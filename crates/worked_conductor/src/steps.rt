//! Steps of a conductor and of the seat of task 0, each with its result.
use crate::lines::{FRAME, are_written};
use crate::posting::lends;
use crate::rows::{Moment, has, sees};
use hc_conductor::conductor::Conductor;
use hc_conductor::seat::TaskSeat;
use hc_conductor::taking::Taken;
use hc_events::answer::{Answer, Outcome};
use hc_records::edit::Edit;
use hc_records::items::Items;
use hc_rings::PostFault;
use std::alloc::Global;
use std::sync::Wait;

/// The result of an arrival for the axis' datagram.
#[derive(Clone, Copy, PartialEq, Eq)]
pub enum Came {
    /// The inputs of the axis' datagram.
    Inputs,
    /// The datagram came back with another working counter than the expected one.
    WrongCount(u16, u16),
    /// The frame answers nothing.
    Stale,
}

/// A step, with its result.
pub enum Step {
    /// This many blocks are written and answered well.
    Write(u32),
    /// Outputs are held, one byte that is 0, and then filled with this one.
    Lend(u8),
    /// The held outputs are posted, or the post fails.
    Post(Result<(), PostFault>),
    /// This many posts are taken and accepted, and this many refused.
    Take(u32, u32),
    /// The inputs are mapped anew as they are: the epoch that begins with it.
    Remap(u32),
    /// The outputs move to task 1: the epoch that begins with it, the spans and the blocks.
    Move(u32, u32, u32),
    /// A task is sent. The frame has these bytes, and zeros after them.
    Send(u8, &'static [u8]),
    /// A frame arrives.
    Come(&'static [u8], Came),
    /// Task 0 reads this epoch and these data of its datagram, or none.
    Read(u32, Option<&'static [u8]>),
    /// All is published.
    Publish,
    /// The seat's view shows this.
    See(Moment),
}

/// True if an edit is accepted with this epoch, and with these numbers of spans recut and blocks moved.
pub fn is_edited(
    alloc: Global,
    conductor: &mut Conductor,
    edit: &Edit,
    numbers: (u32, u32, u32),
) -> bool {
    match conductor.edit(alloc, edit) {
        Answer::Edited {
            epoch,
            recut,
            moved,
        } => (epoch, recut, moved) == numbers,
        _ => false,
    }
}

/// Maps the inputs anew as they are. True if the edit is accepted and moves nothing.
pub fn is_mapped(alloc: Global, conductor: &mut Conductor, epoch: u32) -> bool {
    let Ok(indexes) = Vec::from_slice(alloc, &[0x1a00]) else {
        return false;
    };
    let edit = Edit::Remap {
        station: 1001,
        area: 1,
        pdos: Items::of(indexes),
    };
    is_edited(alloc, conductor, &edit, (epoch, 0, 0))
}

/// The outputs move to task 1.
pub const MOVE: Edit = Edit::Move {
    station: 1001,
    area: 0,
    task: 1,
};

/// Sends a task. True if it is sent in one frame, which has these bytes and zeros after them.
fn is_sent(alloc: Global, conductor: &mut Conductor, task: u8, text: &[u8]) -> bool {
    let mut frame = [0; FRAME];
    let Ok(frames) = conductor.send(alloc, &[task], &mut frame) else {
        return false;
    };
    let Some(rest) = frame.get(text.len()..) else {
        return false;
    };
    frames.len() == 1 && frame.starts_with(text) && [0; FRAME].starts_with(rest)
}

/// The result of an arrival. None if it is none of the three.
fn judged(alloc: Global, conductor: &mut Conductor, bytes: &[u8]) -> Option<Came> {
    match conductor.arrive(alloc, bytes) {
        Answer::Stale => Some(Came::Stale),
        Answer::Answered(outcomes) => match outcomes.as_slice() {
            [
                Outcome::Inputs {
                    task: 0,
                    datagram: 0,
                },
            ] => Some(Came::Inputs),
            [Outcome::WrongCount { expected, got }] => Some(Came::WrongCount(*expected, *got)),
            _ => None,
        },
        _ => None,
    }
}

/// True if task 0 reads this epoch and these data of its only datagram, or none.
fn is_read(alloc: Global, conductor: &Conductor, epoch: u32, data: Option<&[u8]>) -> bool {
    match conductor.core().read(alloc, 0) {
        Ok(Answer::Image { epoch: now, slots }) => match slots.as_slice() {
            [Some(bytes)] => now == epoch && has(Some(bytes.as_slice()), data),
            [None] => now == epoch && has(None, data),
            _ => false,
        },
        _ => false,
    }
}

/// True if a step of the conductor alone has its result.
fn is_driven(alloc: Global, conductor: &mut Conductor, step: &Step) -> bool {
    match step {
        Step::Write(blocks) => are_written(alloc, conductor, *blocks),
        Step::Take(accepted, refused) => {
            conductor.take_posts()
                == Taken {
                    accepted: *accepted,
                    refused: *refused,
                }
        }
        Step::Remap(epoch) => is_mapped(alloc, conductor, *epoch),
        Step::Move(epoch, recut, moved) => {
            is_edited(alloc, conductor, &MOVE, (*epoch, *recut, *moved))
        }
        Step::Send(task, text) => is_sent(alloc, conductor, *task, text),
        Step::Come(bytes, wanted) => judged(alloc, conductor, bytes) == Some(*wanted),
        Step::Read(epoch, data) => is_read(alloc, conductor, *epoch, *data),
        _ => false,
    }
}

/// The number of the first step with another result. The number of steps if there is none.
pub fn first_wrong<R: Wait>(
    rt: &R,
    alloc: Global,
    conductor: &mut Conductor,
    seat: TaskSeat,
    steps: &[Step],
) -> usize {
    let mut seat = seat;
    let mut number: usize = 0;
    for step in steps {
        let comes = match step {
            Step::Lend(byte) => lends(&mut seat, *byte).is_ok(),
            Step::Post(wanted) => seat.post() == *wanted,
            Step::Publish => conductor.publish(rt, alloc).is_ok(),
            Step::See(moment) => {
                let (back, is_seen) = sees(seat, moment);
                seat = back;
                is_seen
            }
            _ => is_driven(alloc, conductor, step),
        };
        if !comes {
            return number;
        }
        number = number.saturating_add(1);
    }
    number
}
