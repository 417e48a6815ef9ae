//! One axis, its conductor and its seats.
ghost use Rattle.std.specs.Prelude.{◌≡◌, ◌∷◌, All, IfOk, IfSome, List, map};
ghost use Rattle.hc_publish.specs.Seats.{SeatIsAtOpening};
ghost use Rattle.hc_conductor.specs.Conducting.{conductor_origin};
ghost use Rattle.hc_conductor.specs.Seats.{seat_of, sender};
ghost use Rattle.hc_conductor.specs.Together.{EachRing, LostNoBuffer};
ghost use Rattle.hc_conductor.specs.declared.seat.TaskSeat.{TaskSeat};

use hc_conductor::conductor::Conductor;
use hc_conductor::open;
use hc_conductor::seat::TaskSeat;
use hc_events::answer::{Answer, Outcome};
use hc_publish::faults::OpenFault;
use std::alloc::Global;
use std::sync::Wait;
use worked_views::projects::{AXIS, project_of};

/// The bytes of each frame of this line: no datagram fills more than the shortest frame.
pub const FRAME: usize = 60;

/// The line at its opening, or the fault.
pub fn opening<R: Wait>(rt: &R, alloc: Global) -> Result<(Conductor, Vec<TaskSeat>), OpenFault>
    ensures { IfOk result (λ opened. EachRing LostNoBuffer (map sender opened.1.items) opened.0.rings) }
{
    match project_of(alloc, &[AXIS]) {
        Some(project) => open(rt, alloc, project),
        None => Err(OpenFault::Memory),
    }
}

/// The line at its opening.
pub fn opened<R: Wait>(rt: &R, alloc: Global) -> Option<(Conductor, Vec<TaskSeat>)>
    ensures { IfSome result (λ opened. All (SeatIsAtOpening (conductor_origin opened.0)) (map seat_of opened.1.items)) }
{
    opened_line(rt, alloc, AXIS)
}

/// A line at its opening.
pub fn opened_line<R: Wait>(rt: &R, alloc: Global, line: &str) -> Option<(Conductor, Vec<TaskSeat>)>
    ensures { IfSome result (λ opened. All (SeatIsAtOpening (conductor_origin opened.0)) (map seat_of opened.1.items)) }
{
    match open(rt, alloc, project_of(alloc, &[line])?) {
        Ok(opened) => Some(opened),
        Err(_) => None,
    }
}

/// The seats of tasks 0 and 1.
pub fn first_two(seats: Vec<TaskSeat>) -> Option<(TaskSeat, TaskSeat)>
    ensures { IfSome result (λ two. (rest : List TaskSeat) × (seats.items ≡ two.0 ∷ two.1 ∷ rest)) }
{
    let mut seats = seats.into_iter();
    let first = seats.next()?;
    let second = seats.next()?;
    Some((first, second))
}

/// Writes the first owed block, which its slave answers. True if the write is done. The working counter is after 26 bytes of
/// headers and the block, whose length the datagram gives.
fn is_written(alloc: Global, conductor: &mut Conductor) -> bool
    ensures { conductor_origin conductor.new ≡ conductor_origin conductor.old }
{
    let mut frame = [0; FRAME];
    let Ok(FRAME) = conductor.next_write(&mut frame) else {
        return false;
    };
    let counter = 26 + usize::from(frame[22]);
    if counter >= FRAME {
        return false;
    }
    frame[counter] = 1;
    matches!(conductor.arrive(alloc, &frame), Answer::WriteDone)
}

/// Writes `blocks` owed blocks. True if each write is done.
pub fn are_written(alloc: Global, conductor: &mut Conductor, blocks: u32) -> bool
    ensures { conductor_origin conductor.new ≡ conductor_origin conductor.old }
{
    for _ in 0..blocks {
        if !is_written(alloc, conductor) {
            return false;
        }
    }
    true
}

/// Writes the four blocks of the axis: a sync manager's and an FMMU's for each area. True if each write is done.
pub fn is_programmed(alloc: Global, conductor: &mut Conductor) -> bool
    ensures { conductor_origin conductor.new ≡ conductor_origin conductor.old }
{
    are_written(alloc, conductor, 4)
}

/// Sends task 0. True if the axis' answer to its frame is good: a byte of outputs, two of inputs, 0xa34, and the counter 3,
/// which is 2 for the outputs and 1 for the inputs.
pub fn is_answered(alloc: Global, conductor: &mut Conductor) -> bool
    ensures { conductor_origin conductor.new ≡ conductor_origin conductor.old }
{
    let mut frame = [0; FRAME];
    let Ok(frames) = conductor.send(alloc, &[0], &mut frame) else {
        return false;
    };
    if frames.len() != 1 {
        return false;
    }
    frame[26] = 2;
    frame[27] = 0x34;
    frame[28] = 0x0a;
    frame[29] = 3;
    let Answer::Answered(outcomes) = conductor.arrive(alloc, &frame) else {
        return false;
    };
    matches!(
        outcomes.as_slice(),
        [Outcome::Inputs {
            task: 0,
            datagram: 0,
        }]
    )
}
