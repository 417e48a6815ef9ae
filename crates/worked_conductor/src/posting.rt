//! Posts of the axis' task, one byte of outputs, by its seat.
ghost use Rattle.std.specs.Prelude.{◌≡◌};
ghost use Rattle.hc_rings.specs.Ring.{SameSender};
ghost use Rattle.hc_conductor.specs.Seats.{SeatPostsEach, task_seat_origin, sender};

use hc_conductor::seat::TaskSeat;
use hc_conductor::taking::Taken;
use hc_rings::{NoSpare, PostFault};

/// The cause for which a byte is not posted.
#[derive(Clone, Copy, Debug, PartialEq, Eq)]
pub enum Unposted {
    /// No buffer is free.
    NoSpare,
    /// The held outputs are not one byte that is 0.
    NotBlank,
    /// The post is not made.
    Fault(PostFault),
}

/// Holds outputs, one byte that must be 0, and fills them with this byte.
pub fn lends(seat: &mut TaskSeat, byte: u8) -> Result<(), Unposted> {
    match seat.outputs() {
        Ok(outputs) => {
            let is_blank = &*outputs == [0].as_slice();
            outputs.fill(byte);
            if is_blank {
                Ok(())
            } else {
                Err(Unposted::NotBlank)
            }
        }
        Err(NoSpare) => Err(Unposted::NoSpare),
    }
}

/// Posts one byte.
pub fn post(seat: &mut TaskSeat, byte: u8) -> Result<(), Unposted> {
    lends(seat, byte)?;
    seat.post().map_err(Unposted::Fault)
}

/// Posts outputs, each byte as this one. True if the post is made.
pub fn is_posted(seat: &mut TaskSeat, byte: u8) -> bool
    ensures origin { task_seat_origin seat.new ≡ task_seat_origin seat.old }
    ensures ring { SameSender (sender seat.old) (sender seat.new) }
    ensures each { SeatPostsEach seat.old → SeatPostsEach seat.new }
{
    if seat.hold().is_err() {
        return false;
    }
    seat.held_mut().fill(byte);
    seat.post().is_ok()
}

/// Returns the count of `posts` accepted posts, none refused.
pub fn accepted(posts: u32) -> Taken {
    Taken {
        accepted: posts,
        refused: 0,
    }
}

**Work to complete**
For every line in the data above that holds "which", return the line itself.

**Solution below**
/// Sends a task. True if it is sent in one frame, which has these bytes and zeros after them.
/// Writes the first owed block, which its slave answers. True if the write is done. The working counter is after 26 bytes of
/// which is 2 for the outputs and 1 for the inputs.
/// The cause for which a byte is not posted.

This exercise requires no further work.